The management of the activities of the Society shall be vested in the directors who, in addition to the powers and authorities by these by-laws or otherwise expressly conferred upon them, may exercise all such powers and do all such acts and things as may be exercised or done by the Co-operative and are not hereby or by Statute expressly directed or required to be exercised or done by the Co-operative in general meeting. In particular, the directors shall have power to engage a manager and to determine his or her duties and responsibilities and his or her remuneration. The directors may appoint working committees as required, example operational committee, communication committee, etc. of which members may sit, however all committees will be chaired by a director.  The chair of the board has the privilege of attending any committee meeting.

(l)  The Co-operative shall file with the Registrar with its Annual Statement a list of its directors with their addresses, occupations, and dates of appointment or election, and within fourteen days of a change of directors, notify the registrar of the change.
5.  Officers

(a) The officers of the Co-operative shall be a Chairman, a Vice-Chairman, a treasurer and a secretary. The officers of treasurer and secretary may be combined.

The seal of the Co-operative shall be in the custody of the Secretary and may be affixed to any document upon resolution of the Board of Directors.

Preparation of minutes, custody of the books and records, and custody of the minutes of all the meetings of the Co-operative and of the Board of Directors shall be the responsibility of the Secretary.  The Secretary shall also perform such other duties as may be assigned to him or her by the Board of Directors.
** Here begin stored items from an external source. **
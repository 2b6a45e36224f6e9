// Whether the numbers of a node and of the rows are what they may be, apart from the tree: ranges within the rows, a pool
// that there is, a word only where one is marked.
#![tactic(auto)]

ghost use Rattle.std.specs.Prelude.{◌≡◌, ◌+◌, ◌<◌, ◌≤◌, length};
ghost use Rattle.record.specs.Flat.{node_width};
ghost use Rattle.lists.specs.Lists.{Decides};
ghost use Rattle.record_fields.specs.Promises.{RangeOk, RangesOk, NodeFits, marked_word, LowestBit, RowsFine};

use record::{Column, Encoding};

// How many numbers a number of the record can be.
const NUMBERS: usize = 4294967296;

// Whether a whole node stands at i, its ranges in order, with no more rows than there is room for their numbers.
pub fn node_fits(nodes: &[u32], i: usize, room: usize) -> bool
    requires { i ≤ length nodes.now }
    ensures { Decides result (NodeFits nodes.now i room) }
{
    if nodes.len() - i < Encoding::NODE_WIDTH {
        return false;
    }
    if room < nodes[i] as usize * Encoding::ROW_WIDTH {
        return false;
    }
    node_ok(nodes, i)
}

// Absent, with zeros; or present, within n rows.
fn range_ok(n: u32, mark: u32, start: u32, end: u32) -> bool
    ensures { Decides result (RangeOk n mark start end) }
{
    match mark {
        0 => start == 0 && end == 0,
        1 => start <= end && end <= n,
        _ => false,
    }
}

// The ranges of the node at i.
fn node_ok(nodes: &[u32], i: usize) -> bool
    requires { i + node_width ≤ length nodes.now }
    ensures { Decides result (RangesOk nodes.now i) }
{
    for k in 0..Encoding::SEQUENCES {
        let at = i + Encoding::RANGES + k * Encoding::RANGE_WIDTH;
        if !range_ok(nodes[i], nodes[at], nodes[at + 1], nodes[at + 2]) {
            return false;
        }
    }
    true
}

// The word mark at `at` and the word after it as one number, the word above the mark: so both are read at once.
fn marked_word(rows: &[u32], at: usize) -> usize
    requires { at + 1 < length rows.now }
    ensures { result ≡ marked_word rows.now at }
{
    rows[at] as usize + rows[at + 1] as usize * NUMBERS
}

// The lowest bit that is set in x, 0 if there is none.
fn lowest_bit(x: usize) -> usize
    ensures { LowestBit x result }
{
    x & x.wrapping_neg()
}

// The pool and the word of every row. No branch depends on a row: pools and marks, of which each is 0 or 1, are put
// together bit by bit, and so are the lowest bits of marks and words, which are 1 or none unless a word stands where no mark is.
pub fn rows_ok(rows: &[u32]) -> bool
    ensures { Decides result (RowsFine rows.now) }
{
    let count = rows.len() / Encoding::ROW_WIDTH;
    let mut marks: usize = 0;
    let mut lowest: usize = 0;
    for i in 0..count {
        let at = i * Encoding::ROW_WIDTH;
        let word = marked_word(rows, at + Column::WORD_MARK);
        marks |= rows[at + Column::POOL] as usize | word;
        lowest |= lowest_bit(word);
    }
    lowest <= 1 && marks % NUMBERS <= 1
}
The directors may appoint an external recording secretary for preparing the minutes of meetings.
The books and records of the Co-operative may be inspected by any member at any reasonable time within two days prior to the annual general meeting at the registered office of the Co-operative.

Contracts, deeds, bills of exchange and other instruments and documents may be executed on behalf of the Co-operative by the Chair or the Vice-Chair and the Secretary, or otherwise as prescribed by resolution of the Board of Directors.

A financial presentation outlining the position of the Co-operative shall be provided at a minimum of three board meetings per year.

(b)  The Chair shall have general supervision of the activities of the Co-operative and shall perform such duties as maybe assigned to him or her by the members from time to time.

(c )  The Vice-Chair shall, at the request of the members or directors and subject to its directions, perform the duties of the Chairman during the absence, illness or incapacity of the Chair, or during such period of the Chair may request him or her to do so.
6.  Audit of Accounts

(a)  The auditor of the Co-operative shall be appointed annually by the members of the Co-operative at the ordinary or annual general meeting and, on failure of the members to appoint an auditor, the directors may do so.

(b)  The Co-operative shall make a written report to the members as to the financial position of the Co-operative and the report shall contain a balance sheet and operating account. The auditors shall make a written report to the members upon the balance sheet and operating account, and in every such report, he shall state whether, in his or her opinion, the balance sheet is a full and fair balance sheet containing the particulars required by the Co-operative and properly drawn up so as to exhibit a true and correct view of the Co-operative affairs, and such report shall be read at the annual meeting. A copy of the balance sheet, showing the general particulars of its liabilities and assets and a statement of its income and expenditure in the preceding year, audited by the auditor, shall be filed with the Registrar within fourteen days after the annual meeting in each year as required by law.

(c )  The Co-operative has power to repeal or amend any of the Co-operative By-Laws or by-laws by a special resolution passed in the manner prescribed by law.

7.  Borrowing Powers

(a) The borrowing powers shall be carried out in accordance with the by-laws for the Co-operative.

(b) The borrowing powers of the Co-operative may be exercised by special resolution of the members.